BEGIN MATERIAL PROVIDED

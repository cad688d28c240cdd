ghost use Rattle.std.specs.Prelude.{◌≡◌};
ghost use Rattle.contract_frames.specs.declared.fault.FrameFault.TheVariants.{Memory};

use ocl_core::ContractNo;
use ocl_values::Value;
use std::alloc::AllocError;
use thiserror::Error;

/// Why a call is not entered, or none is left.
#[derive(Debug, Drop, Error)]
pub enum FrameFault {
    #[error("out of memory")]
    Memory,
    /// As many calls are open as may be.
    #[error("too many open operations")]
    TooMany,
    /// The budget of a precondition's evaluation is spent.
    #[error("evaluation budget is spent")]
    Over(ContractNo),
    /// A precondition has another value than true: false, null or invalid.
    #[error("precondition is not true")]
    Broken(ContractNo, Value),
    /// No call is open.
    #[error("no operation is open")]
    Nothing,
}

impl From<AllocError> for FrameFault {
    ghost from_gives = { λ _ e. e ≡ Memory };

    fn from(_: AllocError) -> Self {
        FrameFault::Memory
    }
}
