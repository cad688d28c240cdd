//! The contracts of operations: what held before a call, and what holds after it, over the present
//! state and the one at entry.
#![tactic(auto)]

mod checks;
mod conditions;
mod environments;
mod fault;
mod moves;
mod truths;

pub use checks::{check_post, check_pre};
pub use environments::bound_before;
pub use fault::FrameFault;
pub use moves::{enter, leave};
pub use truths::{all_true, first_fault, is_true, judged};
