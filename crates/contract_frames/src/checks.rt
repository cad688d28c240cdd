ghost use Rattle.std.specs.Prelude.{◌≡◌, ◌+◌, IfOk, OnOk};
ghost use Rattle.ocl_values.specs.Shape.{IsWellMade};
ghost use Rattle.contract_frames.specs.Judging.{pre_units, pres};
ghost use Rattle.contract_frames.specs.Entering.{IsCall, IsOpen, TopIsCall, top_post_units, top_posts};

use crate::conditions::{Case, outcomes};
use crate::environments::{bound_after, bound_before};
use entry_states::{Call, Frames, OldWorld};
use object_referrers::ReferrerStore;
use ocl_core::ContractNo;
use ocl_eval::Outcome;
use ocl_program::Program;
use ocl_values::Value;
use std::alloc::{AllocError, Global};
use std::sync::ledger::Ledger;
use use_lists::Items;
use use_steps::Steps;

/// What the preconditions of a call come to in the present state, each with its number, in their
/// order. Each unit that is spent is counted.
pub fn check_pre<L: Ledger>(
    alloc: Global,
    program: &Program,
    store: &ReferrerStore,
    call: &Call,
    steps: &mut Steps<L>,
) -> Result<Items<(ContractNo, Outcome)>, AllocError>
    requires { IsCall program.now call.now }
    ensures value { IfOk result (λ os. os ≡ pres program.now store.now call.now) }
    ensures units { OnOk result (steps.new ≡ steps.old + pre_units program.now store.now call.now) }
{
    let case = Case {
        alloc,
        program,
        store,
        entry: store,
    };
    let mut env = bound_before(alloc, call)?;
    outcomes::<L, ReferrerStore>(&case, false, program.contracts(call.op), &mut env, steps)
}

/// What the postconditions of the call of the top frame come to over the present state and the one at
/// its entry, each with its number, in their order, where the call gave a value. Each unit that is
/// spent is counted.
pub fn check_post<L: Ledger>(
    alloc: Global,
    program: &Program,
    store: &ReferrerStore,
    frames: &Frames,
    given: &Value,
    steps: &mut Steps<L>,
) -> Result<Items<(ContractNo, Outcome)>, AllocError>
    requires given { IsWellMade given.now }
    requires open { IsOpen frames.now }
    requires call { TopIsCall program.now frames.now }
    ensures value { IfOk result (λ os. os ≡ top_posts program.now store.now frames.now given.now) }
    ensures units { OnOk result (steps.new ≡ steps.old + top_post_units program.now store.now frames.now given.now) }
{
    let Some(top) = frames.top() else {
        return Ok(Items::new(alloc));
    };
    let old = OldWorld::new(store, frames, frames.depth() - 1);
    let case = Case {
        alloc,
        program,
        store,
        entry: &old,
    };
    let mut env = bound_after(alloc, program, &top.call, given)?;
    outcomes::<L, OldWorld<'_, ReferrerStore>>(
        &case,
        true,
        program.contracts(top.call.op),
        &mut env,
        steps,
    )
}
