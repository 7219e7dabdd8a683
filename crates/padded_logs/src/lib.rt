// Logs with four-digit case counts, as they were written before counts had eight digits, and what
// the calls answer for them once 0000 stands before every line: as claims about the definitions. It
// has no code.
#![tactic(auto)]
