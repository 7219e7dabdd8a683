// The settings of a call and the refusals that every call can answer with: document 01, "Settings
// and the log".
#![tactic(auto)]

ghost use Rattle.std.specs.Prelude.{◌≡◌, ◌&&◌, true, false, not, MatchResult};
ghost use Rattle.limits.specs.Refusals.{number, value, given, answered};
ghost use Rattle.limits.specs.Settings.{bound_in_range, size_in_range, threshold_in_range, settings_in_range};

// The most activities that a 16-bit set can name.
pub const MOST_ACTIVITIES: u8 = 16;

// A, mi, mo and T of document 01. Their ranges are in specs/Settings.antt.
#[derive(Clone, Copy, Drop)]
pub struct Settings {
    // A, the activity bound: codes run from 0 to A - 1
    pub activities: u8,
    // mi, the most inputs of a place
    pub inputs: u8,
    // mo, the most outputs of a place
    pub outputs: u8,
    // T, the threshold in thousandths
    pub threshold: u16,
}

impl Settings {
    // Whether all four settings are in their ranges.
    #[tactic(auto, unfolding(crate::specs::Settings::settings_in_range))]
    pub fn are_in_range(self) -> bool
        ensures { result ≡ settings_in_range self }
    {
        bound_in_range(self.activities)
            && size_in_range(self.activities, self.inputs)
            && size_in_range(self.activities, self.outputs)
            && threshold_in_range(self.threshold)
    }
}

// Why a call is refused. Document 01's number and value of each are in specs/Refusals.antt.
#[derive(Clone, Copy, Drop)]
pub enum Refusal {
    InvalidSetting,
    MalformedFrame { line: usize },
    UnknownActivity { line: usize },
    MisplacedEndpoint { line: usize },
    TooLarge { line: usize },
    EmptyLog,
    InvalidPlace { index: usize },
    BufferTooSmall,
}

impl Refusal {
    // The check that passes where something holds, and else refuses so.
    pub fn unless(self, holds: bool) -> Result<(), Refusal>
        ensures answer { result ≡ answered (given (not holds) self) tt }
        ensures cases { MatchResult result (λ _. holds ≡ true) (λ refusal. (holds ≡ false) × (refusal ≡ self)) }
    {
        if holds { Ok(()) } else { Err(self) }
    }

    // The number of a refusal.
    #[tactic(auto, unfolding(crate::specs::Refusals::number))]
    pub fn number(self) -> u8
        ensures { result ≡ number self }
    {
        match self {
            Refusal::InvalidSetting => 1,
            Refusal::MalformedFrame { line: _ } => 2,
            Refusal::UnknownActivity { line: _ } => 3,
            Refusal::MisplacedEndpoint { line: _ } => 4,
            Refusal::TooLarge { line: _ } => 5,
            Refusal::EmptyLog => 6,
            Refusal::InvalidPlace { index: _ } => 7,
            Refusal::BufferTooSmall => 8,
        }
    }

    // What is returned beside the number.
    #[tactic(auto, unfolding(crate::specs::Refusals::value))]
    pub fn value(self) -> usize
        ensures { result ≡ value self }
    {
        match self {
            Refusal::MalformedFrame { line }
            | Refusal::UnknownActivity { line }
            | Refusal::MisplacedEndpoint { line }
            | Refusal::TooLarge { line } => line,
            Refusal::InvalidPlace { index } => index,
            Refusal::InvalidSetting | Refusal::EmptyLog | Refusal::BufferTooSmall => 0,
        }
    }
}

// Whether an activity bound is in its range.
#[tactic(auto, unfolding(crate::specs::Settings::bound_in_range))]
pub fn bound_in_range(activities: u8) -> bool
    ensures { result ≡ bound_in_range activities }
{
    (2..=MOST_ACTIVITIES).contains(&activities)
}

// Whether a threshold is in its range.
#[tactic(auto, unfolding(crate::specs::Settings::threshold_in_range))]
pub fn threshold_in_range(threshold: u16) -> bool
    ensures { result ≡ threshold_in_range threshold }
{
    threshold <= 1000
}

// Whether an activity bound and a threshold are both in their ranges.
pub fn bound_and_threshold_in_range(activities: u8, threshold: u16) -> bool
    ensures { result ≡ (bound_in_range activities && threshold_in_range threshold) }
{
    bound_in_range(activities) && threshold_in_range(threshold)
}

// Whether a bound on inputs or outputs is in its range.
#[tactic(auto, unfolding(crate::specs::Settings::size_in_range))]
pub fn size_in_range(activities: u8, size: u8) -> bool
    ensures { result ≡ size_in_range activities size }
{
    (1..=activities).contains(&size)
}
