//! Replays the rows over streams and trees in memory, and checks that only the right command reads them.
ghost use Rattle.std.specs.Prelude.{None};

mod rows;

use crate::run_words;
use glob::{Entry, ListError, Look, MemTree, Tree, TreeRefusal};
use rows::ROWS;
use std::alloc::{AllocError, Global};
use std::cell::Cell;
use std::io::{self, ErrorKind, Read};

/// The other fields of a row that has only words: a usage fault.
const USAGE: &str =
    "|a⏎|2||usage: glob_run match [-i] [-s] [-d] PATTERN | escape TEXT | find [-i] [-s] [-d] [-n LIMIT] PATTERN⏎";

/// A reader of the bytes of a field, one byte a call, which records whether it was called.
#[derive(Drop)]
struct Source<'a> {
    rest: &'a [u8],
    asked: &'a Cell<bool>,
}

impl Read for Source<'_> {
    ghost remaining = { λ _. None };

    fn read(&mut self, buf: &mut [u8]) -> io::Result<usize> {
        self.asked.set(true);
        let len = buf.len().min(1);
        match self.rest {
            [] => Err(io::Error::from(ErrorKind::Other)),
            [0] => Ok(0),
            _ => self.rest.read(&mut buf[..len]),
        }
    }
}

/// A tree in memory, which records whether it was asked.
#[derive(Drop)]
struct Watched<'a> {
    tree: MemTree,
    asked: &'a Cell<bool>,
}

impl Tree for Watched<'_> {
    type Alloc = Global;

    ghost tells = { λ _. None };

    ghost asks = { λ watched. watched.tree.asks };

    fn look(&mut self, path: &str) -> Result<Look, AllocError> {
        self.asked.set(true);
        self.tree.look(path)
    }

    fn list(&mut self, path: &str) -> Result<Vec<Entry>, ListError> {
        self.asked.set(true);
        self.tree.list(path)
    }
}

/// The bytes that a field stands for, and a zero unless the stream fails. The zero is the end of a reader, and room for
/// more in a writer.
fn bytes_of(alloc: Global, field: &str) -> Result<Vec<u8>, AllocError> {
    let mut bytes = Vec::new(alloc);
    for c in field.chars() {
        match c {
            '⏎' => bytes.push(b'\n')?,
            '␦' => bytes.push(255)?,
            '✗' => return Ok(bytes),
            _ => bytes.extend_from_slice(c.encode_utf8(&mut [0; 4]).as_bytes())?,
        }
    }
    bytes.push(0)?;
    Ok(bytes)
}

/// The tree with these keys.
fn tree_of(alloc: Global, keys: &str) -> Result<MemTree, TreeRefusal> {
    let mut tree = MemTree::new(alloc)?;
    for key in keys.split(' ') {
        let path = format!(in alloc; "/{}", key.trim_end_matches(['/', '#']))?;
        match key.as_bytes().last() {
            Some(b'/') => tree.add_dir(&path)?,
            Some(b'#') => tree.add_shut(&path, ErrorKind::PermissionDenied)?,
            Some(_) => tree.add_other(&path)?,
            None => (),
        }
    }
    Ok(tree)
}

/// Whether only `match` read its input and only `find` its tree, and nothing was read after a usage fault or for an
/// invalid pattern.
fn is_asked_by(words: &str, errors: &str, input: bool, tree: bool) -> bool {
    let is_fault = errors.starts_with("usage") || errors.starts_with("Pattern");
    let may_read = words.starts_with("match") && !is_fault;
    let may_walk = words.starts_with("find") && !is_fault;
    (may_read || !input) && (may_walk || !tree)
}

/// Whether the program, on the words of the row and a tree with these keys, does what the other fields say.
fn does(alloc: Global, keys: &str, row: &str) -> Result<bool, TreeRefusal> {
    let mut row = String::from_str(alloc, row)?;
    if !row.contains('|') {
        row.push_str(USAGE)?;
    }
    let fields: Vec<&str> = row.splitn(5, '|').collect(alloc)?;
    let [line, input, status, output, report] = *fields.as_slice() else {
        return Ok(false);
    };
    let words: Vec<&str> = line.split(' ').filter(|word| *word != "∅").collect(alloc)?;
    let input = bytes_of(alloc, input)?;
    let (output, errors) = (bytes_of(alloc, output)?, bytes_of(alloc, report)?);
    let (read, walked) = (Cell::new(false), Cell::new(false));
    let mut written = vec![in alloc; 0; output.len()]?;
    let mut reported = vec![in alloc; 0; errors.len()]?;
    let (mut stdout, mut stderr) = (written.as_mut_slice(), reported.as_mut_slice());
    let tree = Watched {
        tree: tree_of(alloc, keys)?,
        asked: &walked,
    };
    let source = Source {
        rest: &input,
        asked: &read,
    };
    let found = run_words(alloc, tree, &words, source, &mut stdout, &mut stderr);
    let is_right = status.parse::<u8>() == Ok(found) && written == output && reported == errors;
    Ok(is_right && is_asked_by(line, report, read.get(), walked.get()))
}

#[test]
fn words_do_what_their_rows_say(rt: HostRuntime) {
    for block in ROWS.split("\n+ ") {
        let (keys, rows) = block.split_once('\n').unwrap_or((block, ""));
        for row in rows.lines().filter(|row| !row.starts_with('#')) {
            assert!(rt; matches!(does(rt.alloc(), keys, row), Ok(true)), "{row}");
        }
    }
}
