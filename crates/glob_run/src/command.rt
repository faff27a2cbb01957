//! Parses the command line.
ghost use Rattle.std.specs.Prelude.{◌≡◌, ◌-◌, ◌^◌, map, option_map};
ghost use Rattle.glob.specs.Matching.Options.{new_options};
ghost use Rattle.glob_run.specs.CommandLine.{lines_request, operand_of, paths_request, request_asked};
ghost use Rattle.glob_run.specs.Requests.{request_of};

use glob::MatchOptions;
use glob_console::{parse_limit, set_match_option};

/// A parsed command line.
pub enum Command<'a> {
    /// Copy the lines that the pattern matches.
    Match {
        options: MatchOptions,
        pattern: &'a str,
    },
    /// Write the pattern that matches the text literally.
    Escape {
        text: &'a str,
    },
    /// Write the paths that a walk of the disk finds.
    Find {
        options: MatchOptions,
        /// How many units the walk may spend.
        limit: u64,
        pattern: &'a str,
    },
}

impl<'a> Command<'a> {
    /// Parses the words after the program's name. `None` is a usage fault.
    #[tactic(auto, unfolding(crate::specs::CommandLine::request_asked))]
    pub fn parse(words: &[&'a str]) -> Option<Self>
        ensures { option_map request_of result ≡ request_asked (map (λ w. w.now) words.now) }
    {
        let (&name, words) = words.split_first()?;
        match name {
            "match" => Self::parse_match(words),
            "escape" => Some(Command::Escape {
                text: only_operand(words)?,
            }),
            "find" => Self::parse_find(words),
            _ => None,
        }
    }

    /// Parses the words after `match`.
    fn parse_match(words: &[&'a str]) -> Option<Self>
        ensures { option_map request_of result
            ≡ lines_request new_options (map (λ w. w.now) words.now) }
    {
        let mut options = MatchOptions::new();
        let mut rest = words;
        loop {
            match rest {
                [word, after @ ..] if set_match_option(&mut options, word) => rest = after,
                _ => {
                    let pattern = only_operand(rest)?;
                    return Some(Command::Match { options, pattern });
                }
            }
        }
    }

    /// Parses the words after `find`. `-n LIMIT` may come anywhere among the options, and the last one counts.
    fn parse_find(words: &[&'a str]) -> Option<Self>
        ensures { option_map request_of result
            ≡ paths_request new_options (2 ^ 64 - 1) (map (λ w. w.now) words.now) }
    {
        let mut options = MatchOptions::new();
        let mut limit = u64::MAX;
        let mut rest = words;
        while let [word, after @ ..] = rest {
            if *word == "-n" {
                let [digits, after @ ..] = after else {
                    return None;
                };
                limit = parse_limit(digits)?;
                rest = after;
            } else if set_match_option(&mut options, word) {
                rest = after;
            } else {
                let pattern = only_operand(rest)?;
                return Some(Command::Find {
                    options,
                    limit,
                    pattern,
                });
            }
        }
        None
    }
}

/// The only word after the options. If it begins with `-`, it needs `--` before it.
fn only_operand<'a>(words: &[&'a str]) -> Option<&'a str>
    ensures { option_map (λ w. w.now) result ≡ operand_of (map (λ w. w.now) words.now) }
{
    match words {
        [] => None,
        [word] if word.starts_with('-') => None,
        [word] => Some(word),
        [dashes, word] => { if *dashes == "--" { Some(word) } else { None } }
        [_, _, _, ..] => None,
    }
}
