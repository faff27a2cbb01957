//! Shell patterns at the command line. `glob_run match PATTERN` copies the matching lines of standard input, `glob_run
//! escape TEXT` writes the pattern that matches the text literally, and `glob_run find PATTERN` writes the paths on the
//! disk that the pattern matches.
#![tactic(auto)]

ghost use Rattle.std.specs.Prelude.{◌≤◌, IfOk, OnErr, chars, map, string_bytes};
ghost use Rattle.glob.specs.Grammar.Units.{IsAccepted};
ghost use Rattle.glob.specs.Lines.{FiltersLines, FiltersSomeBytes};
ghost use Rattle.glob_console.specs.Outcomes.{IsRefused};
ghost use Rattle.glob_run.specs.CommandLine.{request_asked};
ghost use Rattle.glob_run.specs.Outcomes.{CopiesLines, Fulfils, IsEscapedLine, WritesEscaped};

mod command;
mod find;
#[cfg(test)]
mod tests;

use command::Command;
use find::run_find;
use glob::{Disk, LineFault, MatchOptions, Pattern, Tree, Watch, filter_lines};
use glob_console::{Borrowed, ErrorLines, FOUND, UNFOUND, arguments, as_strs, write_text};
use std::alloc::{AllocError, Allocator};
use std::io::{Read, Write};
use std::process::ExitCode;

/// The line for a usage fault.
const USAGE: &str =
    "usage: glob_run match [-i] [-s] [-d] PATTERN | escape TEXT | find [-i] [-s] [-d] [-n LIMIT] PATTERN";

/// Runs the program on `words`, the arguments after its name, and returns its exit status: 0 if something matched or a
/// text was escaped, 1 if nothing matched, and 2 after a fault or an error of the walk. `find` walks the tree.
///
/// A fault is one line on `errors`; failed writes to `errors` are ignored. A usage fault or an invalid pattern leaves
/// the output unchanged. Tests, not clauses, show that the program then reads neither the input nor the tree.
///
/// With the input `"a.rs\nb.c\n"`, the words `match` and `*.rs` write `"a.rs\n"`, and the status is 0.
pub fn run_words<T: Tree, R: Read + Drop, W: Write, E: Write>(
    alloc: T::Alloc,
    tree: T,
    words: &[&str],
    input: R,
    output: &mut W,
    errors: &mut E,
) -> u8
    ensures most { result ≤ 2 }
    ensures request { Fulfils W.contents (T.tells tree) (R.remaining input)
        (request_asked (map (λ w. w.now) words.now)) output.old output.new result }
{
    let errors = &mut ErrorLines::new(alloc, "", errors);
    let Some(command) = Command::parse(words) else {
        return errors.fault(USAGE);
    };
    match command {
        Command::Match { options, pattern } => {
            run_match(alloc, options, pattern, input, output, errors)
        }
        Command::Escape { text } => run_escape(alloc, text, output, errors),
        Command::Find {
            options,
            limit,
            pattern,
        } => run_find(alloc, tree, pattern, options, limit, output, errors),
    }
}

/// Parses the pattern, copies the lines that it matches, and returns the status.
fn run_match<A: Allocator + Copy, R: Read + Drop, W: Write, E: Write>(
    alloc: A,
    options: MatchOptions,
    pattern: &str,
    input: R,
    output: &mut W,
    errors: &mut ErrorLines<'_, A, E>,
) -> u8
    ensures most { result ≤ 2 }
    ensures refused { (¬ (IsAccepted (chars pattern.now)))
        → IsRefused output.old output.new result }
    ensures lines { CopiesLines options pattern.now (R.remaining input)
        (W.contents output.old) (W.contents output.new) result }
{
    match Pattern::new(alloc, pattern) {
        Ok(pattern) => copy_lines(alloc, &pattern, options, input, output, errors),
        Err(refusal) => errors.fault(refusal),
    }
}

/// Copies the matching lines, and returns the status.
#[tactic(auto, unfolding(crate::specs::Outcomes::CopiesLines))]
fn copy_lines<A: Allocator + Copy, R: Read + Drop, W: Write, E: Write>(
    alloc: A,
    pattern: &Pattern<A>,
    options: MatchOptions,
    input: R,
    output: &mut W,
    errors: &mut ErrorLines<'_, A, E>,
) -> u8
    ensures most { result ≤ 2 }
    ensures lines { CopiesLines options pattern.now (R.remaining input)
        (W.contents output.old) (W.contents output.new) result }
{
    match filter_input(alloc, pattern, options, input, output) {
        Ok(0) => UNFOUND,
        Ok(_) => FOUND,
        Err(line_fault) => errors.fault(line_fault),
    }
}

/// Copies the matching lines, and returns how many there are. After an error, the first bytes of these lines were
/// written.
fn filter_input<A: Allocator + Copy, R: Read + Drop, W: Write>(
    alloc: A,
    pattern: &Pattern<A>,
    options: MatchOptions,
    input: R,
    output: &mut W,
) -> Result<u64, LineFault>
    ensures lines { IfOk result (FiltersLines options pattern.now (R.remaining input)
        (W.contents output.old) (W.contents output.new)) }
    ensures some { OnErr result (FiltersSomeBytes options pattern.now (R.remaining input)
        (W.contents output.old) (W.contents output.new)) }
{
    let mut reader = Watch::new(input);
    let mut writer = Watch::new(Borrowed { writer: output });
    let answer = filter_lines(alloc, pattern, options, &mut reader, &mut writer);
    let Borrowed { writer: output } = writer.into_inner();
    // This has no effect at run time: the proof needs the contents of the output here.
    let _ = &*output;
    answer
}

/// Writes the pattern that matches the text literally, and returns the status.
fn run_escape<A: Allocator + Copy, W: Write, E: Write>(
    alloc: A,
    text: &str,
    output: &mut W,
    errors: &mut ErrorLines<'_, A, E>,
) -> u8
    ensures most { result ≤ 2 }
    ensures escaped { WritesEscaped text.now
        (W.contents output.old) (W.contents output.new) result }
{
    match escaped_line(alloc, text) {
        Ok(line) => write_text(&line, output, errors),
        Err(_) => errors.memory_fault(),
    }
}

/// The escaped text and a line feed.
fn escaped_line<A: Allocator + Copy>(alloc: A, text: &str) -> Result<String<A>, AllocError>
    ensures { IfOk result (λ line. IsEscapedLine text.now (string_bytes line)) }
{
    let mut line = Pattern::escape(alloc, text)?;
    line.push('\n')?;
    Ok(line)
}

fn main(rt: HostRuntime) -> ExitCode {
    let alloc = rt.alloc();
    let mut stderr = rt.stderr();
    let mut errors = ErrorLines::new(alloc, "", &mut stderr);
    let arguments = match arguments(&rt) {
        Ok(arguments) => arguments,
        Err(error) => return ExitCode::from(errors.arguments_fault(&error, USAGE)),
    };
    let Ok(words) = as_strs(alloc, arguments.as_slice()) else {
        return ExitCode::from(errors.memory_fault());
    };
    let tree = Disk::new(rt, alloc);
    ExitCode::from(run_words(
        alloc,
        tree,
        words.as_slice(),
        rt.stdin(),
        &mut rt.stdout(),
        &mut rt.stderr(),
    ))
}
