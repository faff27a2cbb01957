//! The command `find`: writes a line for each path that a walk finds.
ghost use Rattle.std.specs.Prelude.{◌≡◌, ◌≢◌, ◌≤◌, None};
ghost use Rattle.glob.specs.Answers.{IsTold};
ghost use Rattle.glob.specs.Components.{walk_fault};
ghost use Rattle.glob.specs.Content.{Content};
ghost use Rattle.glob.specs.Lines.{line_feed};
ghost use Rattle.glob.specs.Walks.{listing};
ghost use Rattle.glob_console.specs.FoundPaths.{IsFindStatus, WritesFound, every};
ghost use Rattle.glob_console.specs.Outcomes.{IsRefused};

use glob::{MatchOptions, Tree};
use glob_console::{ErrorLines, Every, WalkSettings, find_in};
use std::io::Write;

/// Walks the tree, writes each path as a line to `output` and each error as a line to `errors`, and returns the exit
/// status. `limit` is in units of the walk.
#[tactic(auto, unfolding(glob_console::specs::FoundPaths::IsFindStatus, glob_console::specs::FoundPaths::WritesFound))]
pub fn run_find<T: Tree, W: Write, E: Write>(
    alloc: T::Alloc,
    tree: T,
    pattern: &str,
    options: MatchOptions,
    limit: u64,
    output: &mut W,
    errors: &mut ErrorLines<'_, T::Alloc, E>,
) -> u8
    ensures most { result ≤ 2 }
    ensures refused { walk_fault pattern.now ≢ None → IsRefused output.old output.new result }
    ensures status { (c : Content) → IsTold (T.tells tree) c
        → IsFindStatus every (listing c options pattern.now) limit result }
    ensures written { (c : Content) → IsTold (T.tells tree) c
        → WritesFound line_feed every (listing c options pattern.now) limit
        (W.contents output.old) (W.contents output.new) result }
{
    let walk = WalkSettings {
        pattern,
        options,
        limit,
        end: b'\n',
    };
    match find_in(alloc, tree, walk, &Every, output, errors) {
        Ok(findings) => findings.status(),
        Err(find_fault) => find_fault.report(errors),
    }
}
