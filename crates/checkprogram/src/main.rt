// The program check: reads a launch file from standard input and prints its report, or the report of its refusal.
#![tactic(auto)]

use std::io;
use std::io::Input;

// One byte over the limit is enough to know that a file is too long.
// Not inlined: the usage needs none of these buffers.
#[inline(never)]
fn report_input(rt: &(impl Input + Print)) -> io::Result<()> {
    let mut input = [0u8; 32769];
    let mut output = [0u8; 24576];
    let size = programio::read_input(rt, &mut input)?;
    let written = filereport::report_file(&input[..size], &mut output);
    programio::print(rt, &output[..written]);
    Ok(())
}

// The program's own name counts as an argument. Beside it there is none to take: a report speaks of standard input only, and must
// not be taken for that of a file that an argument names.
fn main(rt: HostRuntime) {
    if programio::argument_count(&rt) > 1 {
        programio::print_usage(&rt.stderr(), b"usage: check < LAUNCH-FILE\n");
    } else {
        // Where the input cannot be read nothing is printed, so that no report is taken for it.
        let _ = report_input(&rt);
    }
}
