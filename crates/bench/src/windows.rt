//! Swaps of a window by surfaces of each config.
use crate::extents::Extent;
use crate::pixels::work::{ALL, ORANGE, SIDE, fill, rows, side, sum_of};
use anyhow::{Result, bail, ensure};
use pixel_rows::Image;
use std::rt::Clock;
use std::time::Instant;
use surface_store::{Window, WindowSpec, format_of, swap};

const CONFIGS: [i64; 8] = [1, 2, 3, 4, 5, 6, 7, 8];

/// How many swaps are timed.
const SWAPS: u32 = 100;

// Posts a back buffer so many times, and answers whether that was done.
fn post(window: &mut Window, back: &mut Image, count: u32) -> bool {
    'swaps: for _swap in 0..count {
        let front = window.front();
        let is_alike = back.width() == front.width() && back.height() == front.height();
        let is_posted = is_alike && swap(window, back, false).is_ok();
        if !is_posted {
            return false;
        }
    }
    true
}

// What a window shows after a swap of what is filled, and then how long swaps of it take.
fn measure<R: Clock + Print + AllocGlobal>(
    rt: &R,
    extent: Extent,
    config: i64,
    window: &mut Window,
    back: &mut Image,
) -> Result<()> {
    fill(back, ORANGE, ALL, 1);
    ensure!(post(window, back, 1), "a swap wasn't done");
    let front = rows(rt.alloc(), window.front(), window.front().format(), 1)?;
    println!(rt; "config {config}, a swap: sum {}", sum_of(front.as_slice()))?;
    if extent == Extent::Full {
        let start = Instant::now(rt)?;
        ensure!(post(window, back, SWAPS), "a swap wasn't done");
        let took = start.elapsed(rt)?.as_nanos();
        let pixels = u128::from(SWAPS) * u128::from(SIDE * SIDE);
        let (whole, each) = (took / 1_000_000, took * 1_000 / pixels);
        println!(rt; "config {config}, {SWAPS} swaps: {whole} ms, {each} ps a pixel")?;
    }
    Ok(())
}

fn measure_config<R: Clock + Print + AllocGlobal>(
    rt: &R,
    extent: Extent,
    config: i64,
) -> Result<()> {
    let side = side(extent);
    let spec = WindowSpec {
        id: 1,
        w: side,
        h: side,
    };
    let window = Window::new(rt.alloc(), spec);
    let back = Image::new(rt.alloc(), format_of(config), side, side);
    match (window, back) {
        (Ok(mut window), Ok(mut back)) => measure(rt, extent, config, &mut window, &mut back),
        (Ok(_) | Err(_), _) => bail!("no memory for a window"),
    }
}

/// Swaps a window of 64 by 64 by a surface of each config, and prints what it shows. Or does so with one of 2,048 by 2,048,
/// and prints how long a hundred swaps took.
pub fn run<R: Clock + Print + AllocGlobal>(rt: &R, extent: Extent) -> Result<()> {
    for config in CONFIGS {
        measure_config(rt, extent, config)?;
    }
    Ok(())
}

END MATERIAL PROVIDED

> **YOUR OBJECTIVE**
What is needed is each line from the records with the word "Ledger" in it.

> **COMPLETED EXERCISE**
use std::sync::ledger::Ledger;
pub fn check_pre<L: Ledger>(
pub fn check_post<L: Ledger>(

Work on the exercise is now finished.